Saved entries:
▶

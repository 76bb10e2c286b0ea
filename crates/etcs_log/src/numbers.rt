//! Sets of numbers of packets or messages.

ghost use Rattle.std.specs.Prelude.{◌≡◌};
ghost use Rattle.etcs_log.specs.Numbers.{has_number, no_numbers, with_number};

/// A set of numbers from 0 to 255.
#[derive(Clone, Copy, Debug, PartialEq, Eq)]
pub struct NumberSet {
    /// Whether it has any.
    pub(crate) any: bool,
    /// Whether it has the number of this place.
    numbers: [bool; 256],
}

impl NumberSet {
    /// Returns the empty set.
    pub fn new() -> NumberSet
        ensures { result ≡ no_numbers }
    {
        NumberSet {
            any: false,
            numbers: [false; 256],
        }
    }

    /// Returns this set and this number.
    pub fn with(self, number: u8) -> NumberSet
        ensures { result ≡ with_number self number }
    {
        let mut set = self;
        set.any = true;
        set.numbers[usize::from(number)] = true;
        set
    }

    /// Returns whether it has this number.
    pub fn contains(&self, number: u8) -> bool
        ensures { result ≡ has_number self.now number }
    {
        self.numbers[usize::from(number)]
    }
}
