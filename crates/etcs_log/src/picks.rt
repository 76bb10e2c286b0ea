//! Which items are written as good lines.

ghost use Rattle.std.specs.Prelude.{◌≡◌, ◌||◌};
ghost use Rattle.std.specs.List.{list_any};
ghost use Rattle.etcs_packets.specs.PacketValues.{nid_of};
ghost use Rattle.etcs_text.specs.Entries.{entry_value};
ghost use Rattle.etcs_log.specs.Numbers.{has_number};
ghost use Rattle.etcs_log.specs.Picks.{is_picked, picks, picks_some};

use crate::job::LogJob;
use crate::numbers::NumberSet;
use etcs_packets::inner::AnyPacket;
use etcs_text::Entry;

/// Whether one of the packets is of a number of the set.
fn has_packet<P: AnyPacket>(set: &NumberSet, packets: &[P]) -> bool
    ensures { result ≡ list_any (λ p. has_number set.now (nid_of (P.form p).value)) packets.now }
{
    packets.iter().any(|packet| set.contains(packet.nid()))
}

impl LogJob {
    /// Whether not all items are written.
    #[inline]
    pub(crate) fn picks_some(&self) -> bool
        ensures { result ≡ picks_some self.now }
    {
        self.packets.any || self.messages.any
    }

    /// Whether the message of this number, or one of its packets, is asked for.
    fn is_message_picked<P: AnyPacket>(&self, number: u8, packets: &[P]) -> bool
        ensures { result ≡ has_number self.now.messages number || list_any (λ p. has_number self.now.packets (nid_of (P.form p).value)) packets.now }
    {
        self.messages.contains(number) || has_packet(&self.packets, packets)
    }

    /// Whether the item has a packet, or is a message, of a number that is asked for.
    fn is_picked(&self, entry: &Entry) -> bool
        ensures { result ≡ is_picked self.now (entry_value entry.now) }
    {
        match entry {
            Entry::Telegram(telegram) => has_packet(&self.packets, telegram.packets()),
            Entry::Message(message) => self.is_message_picked(message.nid(), message.packets()),
            Entry::Train(message) => self.is_message_picked(message.nid(), message.packets()),
        }
    }

    /// Whether the item is written.
    #[inline]
    pub(crate) fn picks(&self, entry: &Entry) -> bool
        ensures { result ≡ picks self.now (entry_value entry.now) }
    {
        !self.picks_some() || self.is_picked(entry)
    }
}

◀

Problem to solve
Would you please return all of the data exactly?

Written response
repository 76bb10e2c286b0ea
filename crates/etcs_log/src/numbers.rt
//! Sets of numbers of packets or messages.

ghost use Rattle.std.specs.Prelude.{◌≡◌};
ghost use Rattle.etcs_log.specs.Numbers.{has_number, no_numbers, with_number};

/// A set of numbers from 0 to 255.
#[derive(Clone, Copy, Debug, PartialEq, Eq)]
pub struct NumberSet {
    /// Whether it has any.
    pub(crate) any: bool,
    /// Whether it has the number of this place.
    numbers: [bool; 256],
}

impl NumberSet {
    /// Returns the empty set.
    pub fn new() -> NumberSet
        ensures { result ≡ no_numbers }
    {
        NumberSet {
            any: false,
            numbers: [false; 256],
        }
    }

    /// Returns this set and this number.
    pub fn with(self, number: u8) -> NumberSet
        ensures { result ≡ with_number self number }
    {
        let mut set = self;
        set.any = true;
        set.numbers[usize::from(number)] = true;
        set
    }

    /// Returns whether it has this number.
    pub fn contains(&self, number: u8) -> bool
        ensures { result ≡ has_number self.now number }
    {
        self.numbers[usize::from(number)]
    }
}
filename crates/etcs_log/src/picks.rt
repository 76bb10e2c286b0ea
//! Which items are written as good lines.

ghost use Rattle.std.specs.Prelude.{◌≡◌, ◌||◌};
ghost use Rattle.std.specs.List.{list_any};
ghost use Rattle.etcs_packets.specs.PacketValues.{nid_of};
ghost use Rattle.etcs_text.specs.Entries.{entry_value};
ghost use Rattle.etcs_log.specs.Numbers.{has_number};
ghost use Rattle.etcs_log.specs.Picks.{is_picked, picks, picks_some};

use crate::job::LogJob;
use crate::numbers::NumberSet;
use etcs_packets::inner::AnyPacket;
use etcs_text::Entry;

/// Whether one of the packets is of a number of the set.
fn has_packet<P: AnyPacket>(set: &NumberSet, packets: &[P]) -> bool
    ensures { result ≡ list_any (λ p. has_number set.now (nid_of (P.form p).value)) packets.now }
{
    packets.iter().any(|packet| set.contains(packet.nid()))
}

impl LogJob {
    /// Whether not all items are written.
    #[inline]
    pub(crate) fn picks_some(&self) -> bool
        ensures { result ≡ picks_some self.now }
    {
        self.packets.any || self.messages.any
    }

    /// Whether the message of this number, or one of its packets, is asked for.
    fn is_message_picked<P: AnyPacket>(&self, number: u8, packets: &[P]) -> bool
        ensures { result ≡ has_number self.now.messages number || list_any (λ p. has_number self.now.packets (nid_of (P.form p).value)) packets.now }
    {
        self.messages.contains(number) || has_packet(&self.packets, packets)
    }

    /// Whether the item has a packet, or is a message, of a number that is asked for.
    fn is_picked(&self, entry: &Entry) -> bool
        ensures { result ≡ is_picked self.now (entry_value entry.now) }
    {
        match entry {
            Entry::Telegram(telegram) => has_packet(&self.packets, telegram.packets()),
            Entry::Message(message) => self.is_message_picked(message.nid(), message.packets()),
            Entry::Train(message) => self.is_message_picked(message.nid(), message.packets()),
        }
    }

    /// Whether the item is written.
    #[inline]
    pub(crate) fn picks(&self, entry: &Entry) -> bool
        ensures { result ≡ picks self.now (entry_value entry.now) }
    {
        !self.picks_some() || self.is_picked(entry)
    }
}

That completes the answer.